## Work to be completed
Each line holding the string "with" is to be copied from the data.

## Data section

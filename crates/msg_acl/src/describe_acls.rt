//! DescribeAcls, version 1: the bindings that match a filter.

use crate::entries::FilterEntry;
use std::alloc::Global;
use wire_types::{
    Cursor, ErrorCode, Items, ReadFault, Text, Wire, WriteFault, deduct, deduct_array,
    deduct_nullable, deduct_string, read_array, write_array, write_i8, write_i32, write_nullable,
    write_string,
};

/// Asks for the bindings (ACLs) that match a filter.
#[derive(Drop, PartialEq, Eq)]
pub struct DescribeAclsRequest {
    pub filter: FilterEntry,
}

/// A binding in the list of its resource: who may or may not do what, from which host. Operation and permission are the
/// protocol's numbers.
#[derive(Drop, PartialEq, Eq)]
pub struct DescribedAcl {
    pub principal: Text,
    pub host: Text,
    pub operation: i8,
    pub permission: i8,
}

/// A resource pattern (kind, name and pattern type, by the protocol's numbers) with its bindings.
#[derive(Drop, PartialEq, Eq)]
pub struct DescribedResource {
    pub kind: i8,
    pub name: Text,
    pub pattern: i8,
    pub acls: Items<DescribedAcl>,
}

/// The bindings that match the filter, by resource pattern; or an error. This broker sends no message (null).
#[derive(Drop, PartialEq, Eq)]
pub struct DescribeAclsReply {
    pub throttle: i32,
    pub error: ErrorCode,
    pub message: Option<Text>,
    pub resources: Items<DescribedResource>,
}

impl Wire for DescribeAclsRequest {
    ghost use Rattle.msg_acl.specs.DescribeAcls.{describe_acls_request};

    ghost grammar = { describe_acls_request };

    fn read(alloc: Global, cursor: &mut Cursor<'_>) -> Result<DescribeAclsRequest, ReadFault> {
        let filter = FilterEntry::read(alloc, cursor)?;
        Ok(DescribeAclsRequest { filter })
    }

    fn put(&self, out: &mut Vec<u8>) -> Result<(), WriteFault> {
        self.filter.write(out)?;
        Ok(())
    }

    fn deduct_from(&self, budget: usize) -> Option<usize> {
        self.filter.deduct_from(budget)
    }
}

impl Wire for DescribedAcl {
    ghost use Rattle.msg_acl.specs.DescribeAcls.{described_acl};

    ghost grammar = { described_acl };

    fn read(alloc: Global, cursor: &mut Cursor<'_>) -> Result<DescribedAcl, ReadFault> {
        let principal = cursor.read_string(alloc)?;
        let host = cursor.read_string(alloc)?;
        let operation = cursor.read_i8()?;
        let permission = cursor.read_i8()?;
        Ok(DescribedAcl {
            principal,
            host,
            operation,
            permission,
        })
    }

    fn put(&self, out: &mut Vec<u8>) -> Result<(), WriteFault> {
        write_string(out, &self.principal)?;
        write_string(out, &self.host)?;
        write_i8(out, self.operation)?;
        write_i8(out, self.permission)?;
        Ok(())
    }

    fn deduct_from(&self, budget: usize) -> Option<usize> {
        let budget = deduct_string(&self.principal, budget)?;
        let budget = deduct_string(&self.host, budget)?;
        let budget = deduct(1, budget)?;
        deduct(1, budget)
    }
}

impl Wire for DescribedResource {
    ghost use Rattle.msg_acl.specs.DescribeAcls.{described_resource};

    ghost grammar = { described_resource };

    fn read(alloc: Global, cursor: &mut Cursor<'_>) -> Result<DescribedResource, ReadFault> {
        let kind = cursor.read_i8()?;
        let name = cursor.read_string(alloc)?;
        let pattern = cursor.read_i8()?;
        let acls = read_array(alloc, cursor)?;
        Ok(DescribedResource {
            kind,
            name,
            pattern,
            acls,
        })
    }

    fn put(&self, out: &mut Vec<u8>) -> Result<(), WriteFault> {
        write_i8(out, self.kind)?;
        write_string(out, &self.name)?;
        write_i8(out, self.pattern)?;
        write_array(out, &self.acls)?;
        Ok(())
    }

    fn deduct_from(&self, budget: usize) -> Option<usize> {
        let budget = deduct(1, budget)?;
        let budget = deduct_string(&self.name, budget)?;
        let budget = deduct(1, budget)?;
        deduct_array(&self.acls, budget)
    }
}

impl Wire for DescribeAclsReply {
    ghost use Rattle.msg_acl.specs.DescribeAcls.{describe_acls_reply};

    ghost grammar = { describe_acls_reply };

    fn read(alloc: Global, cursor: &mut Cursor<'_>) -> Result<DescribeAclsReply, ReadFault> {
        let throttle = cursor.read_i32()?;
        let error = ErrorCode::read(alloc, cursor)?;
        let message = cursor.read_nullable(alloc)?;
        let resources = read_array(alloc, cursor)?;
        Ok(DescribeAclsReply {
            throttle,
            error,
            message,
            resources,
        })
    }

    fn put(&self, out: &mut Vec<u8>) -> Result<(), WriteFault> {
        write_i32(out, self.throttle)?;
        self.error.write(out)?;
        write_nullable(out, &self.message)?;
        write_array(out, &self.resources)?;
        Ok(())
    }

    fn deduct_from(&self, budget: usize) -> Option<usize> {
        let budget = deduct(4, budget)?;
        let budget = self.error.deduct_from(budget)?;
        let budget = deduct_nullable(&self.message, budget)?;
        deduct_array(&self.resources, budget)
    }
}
--
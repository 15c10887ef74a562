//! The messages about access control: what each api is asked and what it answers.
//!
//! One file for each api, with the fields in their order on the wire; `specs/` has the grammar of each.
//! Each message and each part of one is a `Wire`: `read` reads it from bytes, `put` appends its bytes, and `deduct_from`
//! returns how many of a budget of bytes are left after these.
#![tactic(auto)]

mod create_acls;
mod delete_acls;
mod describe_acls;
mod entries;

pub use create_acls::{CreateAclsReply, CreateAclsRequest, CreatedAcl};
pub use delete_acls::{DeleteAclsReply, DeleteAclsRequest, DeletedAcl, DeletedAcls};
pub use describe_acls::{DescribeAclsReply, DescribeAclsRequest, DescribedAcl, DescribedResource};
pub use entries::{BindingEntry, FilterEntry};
---
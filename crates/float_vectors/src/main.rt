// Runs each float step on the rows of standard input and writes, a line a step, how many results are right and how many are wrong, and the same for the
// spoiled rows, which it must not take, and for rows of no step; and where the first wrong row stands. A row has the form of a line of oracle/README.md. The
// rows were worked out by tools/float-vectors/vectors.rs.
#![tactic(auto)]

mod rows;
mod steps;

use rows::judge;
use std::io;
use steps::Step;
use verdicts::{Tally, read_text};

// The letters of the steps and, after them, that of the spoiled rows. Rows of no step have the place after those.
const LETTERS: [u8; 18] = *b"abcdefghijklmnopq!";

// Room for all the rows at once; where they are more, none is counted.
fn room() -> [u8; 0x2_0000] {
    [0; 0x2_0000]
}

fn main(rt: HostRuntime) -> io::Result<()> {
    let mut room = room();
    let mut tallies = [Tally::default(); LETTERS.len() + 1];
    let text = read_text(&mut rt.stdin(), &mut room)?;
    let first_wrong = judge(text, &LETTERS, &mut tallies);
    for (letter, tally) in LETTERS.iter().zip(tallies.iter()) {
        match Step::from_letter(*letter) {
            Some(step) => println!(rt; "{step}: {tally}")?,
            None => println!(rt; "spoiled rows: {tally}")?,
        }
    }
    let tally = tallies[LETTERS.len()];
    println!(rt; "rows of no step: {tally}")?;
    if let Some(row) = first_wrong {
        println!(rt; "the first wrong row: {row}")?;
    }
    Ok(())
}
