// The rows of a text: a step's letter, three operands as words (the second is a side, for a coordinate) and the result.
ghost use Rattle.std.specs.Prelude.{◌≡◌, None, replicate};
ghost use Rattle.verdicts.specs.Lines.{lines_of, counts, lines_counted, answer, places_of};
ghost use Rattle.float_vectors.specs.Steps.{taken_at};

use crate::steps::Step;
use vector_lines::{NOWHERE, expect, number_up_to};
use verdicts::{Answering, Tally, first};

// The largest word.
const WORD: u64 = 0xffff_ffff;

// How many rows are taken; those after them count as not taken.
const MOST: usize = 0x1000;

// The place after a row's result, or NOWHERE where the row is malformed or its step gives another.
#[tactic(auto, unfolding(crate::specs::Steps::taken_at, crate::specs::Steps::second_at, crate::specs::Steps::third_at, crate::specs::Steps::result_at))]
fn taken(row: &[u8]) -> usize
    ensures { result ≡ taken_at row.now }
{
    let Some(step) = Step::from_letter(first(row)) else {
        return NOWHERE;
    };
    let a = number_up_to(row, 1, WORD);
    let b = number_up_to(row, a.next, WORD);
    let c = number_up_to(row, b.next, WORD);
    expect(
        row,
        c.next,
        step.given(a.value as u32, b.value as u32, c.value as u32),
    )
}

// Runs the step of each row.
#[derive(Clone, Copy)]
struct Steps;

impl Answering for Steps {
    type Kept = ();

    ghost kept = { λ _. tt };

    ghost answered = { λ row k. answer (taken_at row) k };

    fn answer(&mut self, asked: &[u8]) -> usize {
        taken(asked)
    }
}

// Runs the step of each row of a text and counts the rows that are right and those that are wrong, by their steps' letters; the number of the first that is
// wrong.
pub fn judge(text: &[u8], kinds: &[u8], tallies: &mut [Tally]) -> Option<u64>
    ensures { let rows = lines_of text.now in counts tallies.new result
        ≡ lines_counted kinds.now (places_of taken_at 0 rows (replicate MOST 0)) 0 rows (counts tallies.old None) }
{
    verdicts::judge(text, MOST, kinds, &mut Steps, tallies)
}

## Written solution
/// A resource pattern (kind, name and pattern type, by the protocol's numbers) with its bindings.
//! One file for each api, with the fields in their order on the wire; `specs/` has the grammar of each.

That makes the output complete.